Network access control gives system administrators the ability to assign permission for z/OS® users to access certain networks and hosts. With this function, the ability of users to send or receive data between z/OS and certain networks can be controlled through z/OS. Network access control provides an additional layer of security to any authentication and authorization security that is used in the network or at the peer system by disallowing the unauthorized user to communicate with the peer network resource.
- The IP network is considered the resource to be protected.
- Use of the IBM® zEnterprise® System (zEnterprise) intranode management network is protected by OSM access control and is exempt from network access control. For more information, see OSM access control.
- IP addresses are classified into security zones, in which each zone has a certain level of security sensitivity. A default security zone exists for interfaces that are not explicitly associated with a specific security zone. Security zones consist of one or more, perhaps discontiguous, IP address ranges that have the same security sensitivity and are identified by a specific zone name.
- SAF is used to check whether users or groups of users have READ access to a security zone.
- You define a SAF resource profile for each security zone and provide READ access to these resources to the users or groups of users that you want to have access to particular security zones. A security zone is represented by the EZB.NETACCESS.sysname.tcpname.zonename resource name in the SERVAUTH class.
- TCP/IP keeps a mapping of network resources by IP address to security zones. This mapping is consulted on certain inbound and outbound operations to determine the corresponding resource zone name for the most specific network defined. Then the current user's access to that resource is queried using SAF, and the operation is allowed or denied completion accordingly. This mapping is also consulted when the security ioctl is issued to extract the port of entry zone name of a socket's current peer.
- Network access control is used to control z/OS user access to a peer address in an IP network through a sockets application. Resource access checks occur at connection setup or acceptance time for TCP, peer identification time for UDP and RAW, and on the first and potentially subsequent sends or receives (TCP, UDP, or RAW) to a particular destination in a socket's lifetime.
- Network access control is used to control z/OS user access to local addresses when a socket is bound to a local address. Resource access checks occur when an application explicitly binds a socket to a local address, including the IPv4 address INADDR_ANY (0.0.0.0/32) or the IPv6 unspecified address, in6addr_any (::/128). Job-specific or destination-specific source IP addresses (designated by the SRCIP profile statement) are handled as if the application did an explicit bind to the configured address.

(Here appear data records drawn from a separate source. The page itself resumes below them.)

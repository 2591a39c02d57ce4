//! Words drawn from the tape.

ghost use Rattle.std.specs.Prelude.{◌≡◌, ◌≤◌, ◌+◌, ◌^◌, ◌++◌, length, take};

use ob_seal::Tape;

/// Draws so many words, and keeps them at the front.
pub fn draw_front<T: Tape>(tape: &mut T, words: &mut Vec<u64>, many: usize)
    requires few { many ≤ length words.old.items }
    requires room { length (T.drawn tape.old) + many ≤ 2 ^ 62 }
    ensures drawn { T.drawn tape.new ≡ T.drawn tape.old ++ take many words.new.items }
    ensures room { length words.new.items ≡ length words.old.items }
    ensures same { T.present tape.new ≡ T.present tape.old }
{
    for i in 0..many {
        words[i] = tape.draw();
    }
}

/// The first words.
pub fn front(words: &Vec<u64>, many: usize) -> &[u64]
    requires few { many ≤ length words.now.items }
    ensures { result.now ≡ take many words.now.items }
{
    &words[..many]
}
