//! What a run keeps between its calls.

use ob_base::{Jobs, Params};
use ob_check::Sheet;
use ob_ring::Ring;
use ob_seal::Sealer;
use ob_twin::Gates;

/// What a run over a ring store keeps between its calls, beside the store, the tape, and what reads
/// its jobs.
#[derive(Drop)]
pub struct Run {
    /// The parameters of the store.
    pub params: Params,
    /// Which gates of its registers are open.
    pub gates: Gates,
    /// The sealer of the run's generation.
    pub sealer: Sealer,
    /// How many words of that generation were drawn, at most `2^62`.
    pub drawn: u64,
    /// The last epoch that ended, below `2^62`.
    pub epoch: u64,
    /// How many read batches the epoch that runs has left.
    pub left: u32,
    /// It serves no more.
    pub spent: bool,
    /// The planner behind the batches of the epoch that runs.
    pub ring: Ring,
    /// Room for the jobs of a plan.
    pub jobs: Jobs,
    /// Room for a checkpoint.
    pub sheet: Sheet,
    /// Room for the words of a batch, of an epoch's writes, or of all buckets.
    pub words: Vec<u64>,
}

- Network access control security checks are made at the transport layer (TCP, UDP, and RAW). Other IP-specific packets generated by the stack are not covered under this function (such as ICMP echo replies, for example). Additionally, there is no user concept when dealing with packets that are being forwarded through the stack, and hence no checks are made.
- Network access control for outbound and inbound can be individually enabled or disabled.
- TCP/IP caches security information following network access control
checks. Access is automatically rechecked on the next use of the cache
whenever the RACF® commands
SETROPTS RACLIST, SETROPTS RACLIST REFRESH, or SETROPTS NORACLIST
are issued for the SERVAUTH class. If you are using a security product
other than RACF, the NetAccess
zone table in the TCP/IP profile must be rebuilt to cause TCP/IP to
recognize changes to the SERVAUTH class profiles for existing sockets.
You can control the level of caching that is performed by using the CACHEALL, CACHEPERMIT, or CACHESAME parameter on the NETACCESS configuration statement in the TCP/IP profile. These parameters determine which network access control checks are resolved using the cache, without making a new call to SAF, and thus determine which checks can be audited by the security server product. For more information about these parameters and the NETACCESS statement, see z/OS Communications Server: IP Configuration Reference.
- The socket calls bind, connect, and those that send data will fail with errno EACCES if the specified IP address is not permitted to be used by the application user. Inbound UDP and RAW datagrams that are not permitted under the current network access control policy are normally filtered out before they get to socket calls that receive data. It is possible for a datagram to arrive under a network access control policy that would allow it to be read, but then be received after a policy change that does not allow it. If the application (or common INET) has issued a select or poll on the socket, the receive call returns an EACCES errno to avoid blocking the application. Inbound TCP connections that are not permitted under the current network access control policy are also normally reset and discarded before they get to the socket backlog. In those cases where the only available new connections are not allowed and a select has been issued, accept processing returns a new socket and the next attempt to send or receive data returns an ECONNRESET error.
- NetAccess inbound filtering needs to predict whether a future receive or accept will succeed. When there are multiple processes or threads operating on the same socket, to achieve consistent results you must ensure that certain calls are done under the same identity, or identities with equivalent network access control policies. For UDP and RAW sockets, the select, receive, and send calls must be done under equivalent policies. For TCP listening sockets, the select and accept calls must be done under equivalent policies.
Figure 1 provides an overview of network access control. z/OS user Bob is permitted access to Security Zone A but not Security Zone B. An outbound connect from Bob is permitted to Security Zone A, but not Security Zone B. Bob is permitted to accept connections from Security Zone A but not Security Zone B.